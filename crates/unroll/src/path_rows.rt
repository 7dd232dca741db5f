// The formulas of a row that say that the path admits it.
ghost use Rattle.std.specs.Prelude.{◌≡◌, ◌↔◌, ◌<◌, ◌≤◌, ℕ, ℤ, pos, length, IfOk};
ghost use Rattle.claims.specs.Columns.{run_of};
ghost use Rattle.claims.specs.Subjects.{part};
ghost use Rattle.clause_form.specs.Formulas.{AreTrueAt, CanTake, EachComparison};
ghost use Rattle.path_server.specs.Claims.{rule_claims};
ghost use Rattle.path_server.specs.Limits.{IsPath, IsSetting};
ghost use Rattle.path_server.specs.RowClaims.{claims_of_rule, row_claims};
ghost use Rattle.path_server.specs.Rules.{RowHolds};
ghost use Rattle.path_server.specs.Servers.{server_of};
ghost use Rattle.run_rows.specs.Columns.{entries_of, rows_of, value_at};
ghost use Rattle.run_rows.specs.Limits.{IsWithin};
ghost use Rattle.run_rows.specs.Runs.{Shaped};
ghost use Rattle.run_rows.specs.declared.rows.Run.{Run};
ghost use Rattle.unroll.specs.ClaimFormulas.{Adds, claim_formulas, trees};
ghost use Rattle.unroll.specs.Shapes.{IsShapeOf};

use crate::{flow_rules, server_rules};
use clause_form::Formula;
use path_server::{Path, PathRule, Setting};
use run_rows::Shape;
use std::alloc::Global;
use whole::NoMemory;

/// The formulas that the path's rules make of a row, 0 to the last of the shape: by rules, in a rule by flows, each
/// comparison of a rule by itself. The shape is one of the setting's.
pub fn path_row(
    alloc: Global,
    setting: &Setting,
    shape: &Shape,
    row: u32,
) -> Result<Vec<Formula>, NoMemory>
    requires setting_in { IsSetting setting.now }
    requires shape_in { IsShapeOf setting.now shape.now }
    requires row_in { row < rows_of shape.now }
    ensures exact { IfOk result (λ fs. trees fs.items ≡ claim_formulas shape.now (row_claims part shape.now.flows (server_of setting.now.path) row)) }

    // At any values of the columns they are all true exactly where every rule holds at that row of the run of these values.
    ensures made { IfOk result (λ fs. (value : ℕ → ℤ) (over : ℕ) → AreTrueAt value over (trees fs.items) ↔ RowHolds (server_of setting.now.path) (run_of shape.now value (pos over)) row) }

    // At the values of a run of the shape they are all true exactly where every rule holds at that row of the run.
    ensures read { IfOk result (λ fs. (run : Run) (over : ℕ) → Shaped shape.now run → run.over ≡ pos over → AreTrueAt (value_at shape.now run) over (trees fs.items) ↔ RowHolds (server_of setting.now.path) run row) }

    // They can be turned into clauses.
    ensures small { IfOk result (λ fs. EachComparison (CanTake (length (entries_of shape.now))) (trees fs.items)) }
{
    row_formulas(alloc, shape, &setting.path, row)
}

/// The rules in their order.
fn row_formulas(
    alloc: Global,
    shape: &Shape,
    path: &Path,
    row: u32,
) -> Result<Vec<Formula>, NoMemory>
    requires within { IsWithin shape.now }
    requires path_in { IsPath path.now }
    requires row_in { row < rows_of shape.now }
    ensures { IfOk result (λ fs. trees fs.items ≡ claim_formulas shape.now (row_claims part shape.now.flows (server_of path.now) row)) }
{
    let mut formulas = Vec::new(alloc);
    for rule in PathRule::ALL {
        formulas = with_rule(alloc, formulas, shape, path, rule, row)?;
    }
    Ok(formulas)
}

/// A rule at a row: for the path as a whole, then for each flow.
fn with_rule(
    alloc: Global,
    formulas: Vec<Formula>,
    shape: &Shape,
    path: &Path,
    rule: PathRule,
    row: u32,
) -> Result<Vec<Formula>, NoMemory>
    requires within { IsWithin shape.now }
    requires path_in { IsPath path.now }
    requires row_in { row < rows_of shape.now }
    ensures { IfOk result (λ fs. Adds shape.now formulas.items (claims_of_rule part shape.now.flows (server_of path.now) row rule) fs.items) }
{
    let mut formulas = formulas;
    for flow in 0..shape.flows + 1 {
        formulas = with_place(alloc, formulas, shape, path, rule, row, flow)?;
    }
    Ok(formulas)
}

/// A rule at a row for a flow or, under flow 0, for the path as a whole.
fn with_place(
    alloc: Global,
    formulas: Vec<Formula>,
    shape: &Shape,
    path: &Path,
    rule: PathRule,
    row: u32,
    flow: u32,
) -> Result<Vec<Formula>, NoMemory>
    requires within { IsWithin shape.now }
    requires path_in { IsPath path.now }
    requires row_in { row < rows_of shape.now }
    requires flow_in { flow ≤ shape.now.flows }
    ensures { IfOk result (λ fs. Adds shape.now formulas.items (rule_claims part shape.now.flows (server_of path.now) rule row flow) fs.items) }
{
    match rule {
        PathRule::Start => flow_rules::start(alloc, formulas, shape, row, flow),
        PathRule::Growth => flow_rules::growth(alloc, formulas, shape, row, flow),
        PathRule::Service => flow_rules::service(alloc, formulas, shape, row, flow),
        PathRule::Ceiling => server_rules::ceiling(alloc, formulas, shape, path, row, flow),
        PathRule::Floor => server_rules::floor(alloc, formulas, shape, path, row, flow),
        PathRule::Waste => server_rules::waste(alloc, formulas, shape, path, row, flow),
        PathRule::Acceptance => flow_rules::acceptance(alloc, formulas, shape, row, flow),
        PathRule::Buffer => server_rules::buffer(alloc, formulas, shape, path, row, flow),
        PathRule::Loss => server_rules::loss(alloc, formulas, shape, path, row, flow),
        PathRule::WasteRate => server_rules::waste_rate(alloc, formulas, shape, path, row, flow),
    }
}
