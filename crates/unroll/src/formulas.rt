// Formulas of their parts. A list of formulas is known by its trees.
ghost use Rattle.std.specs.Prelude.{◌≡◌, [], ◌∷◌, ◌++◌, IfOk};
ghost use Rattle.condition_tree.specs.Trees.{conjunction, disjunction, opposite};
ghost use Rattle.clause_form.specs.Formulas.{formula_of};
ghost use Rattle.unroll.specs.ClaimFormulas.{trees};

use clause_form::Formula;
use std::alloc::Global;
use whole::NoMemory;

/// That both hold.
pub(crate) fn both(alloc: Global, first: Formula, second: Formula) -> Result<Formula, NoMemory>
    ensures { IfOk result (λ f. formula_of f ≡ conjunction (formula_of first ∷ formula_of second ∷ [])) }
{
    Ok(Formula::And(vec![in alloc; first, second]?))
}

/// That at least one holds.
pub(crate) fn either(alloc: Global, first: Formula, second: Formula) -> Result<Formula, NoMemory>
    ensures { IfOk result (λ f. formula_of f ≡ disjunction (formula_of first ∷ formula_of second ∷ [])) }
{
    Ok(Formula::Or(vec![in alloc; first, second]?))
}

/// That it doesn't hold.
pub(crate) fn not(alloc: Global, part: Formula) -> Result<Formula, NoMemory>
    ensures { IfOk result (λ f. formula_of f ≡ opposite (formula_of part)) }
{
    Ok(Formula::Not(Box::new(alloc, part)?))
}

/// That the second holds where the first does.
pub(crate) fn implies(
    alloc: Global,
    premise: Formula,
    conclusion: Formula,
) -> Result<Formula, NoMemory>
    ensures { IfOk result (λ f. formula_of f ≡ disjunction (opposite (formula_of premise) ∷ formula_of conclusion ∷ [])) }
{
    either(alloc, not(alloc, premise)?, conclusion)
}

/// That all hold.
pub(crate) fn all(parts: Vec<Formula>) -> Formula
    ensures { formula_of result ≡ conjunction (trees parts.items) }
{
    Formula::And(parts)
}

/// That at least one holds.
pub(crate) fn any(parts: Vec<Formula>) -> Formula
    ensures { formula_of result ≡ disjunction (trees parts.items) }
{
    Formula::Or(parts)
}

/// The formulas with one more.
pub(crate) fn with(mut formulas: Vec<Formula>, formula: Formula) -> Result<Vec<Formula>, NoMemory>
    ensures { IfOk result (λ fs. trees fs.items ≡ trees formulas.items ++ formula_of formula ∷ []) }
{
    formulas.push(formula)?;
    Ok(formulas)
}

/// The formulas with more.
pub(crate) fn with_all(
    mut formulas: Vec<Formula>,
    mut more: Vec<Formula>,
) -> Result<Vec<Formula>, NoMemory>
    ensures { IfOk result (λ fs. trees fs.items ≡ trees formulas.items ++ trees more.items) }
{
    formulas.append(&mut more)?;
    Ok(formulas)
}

- - -

Go through the data line by line and say how many lines contain "premise". Give the number alone.

3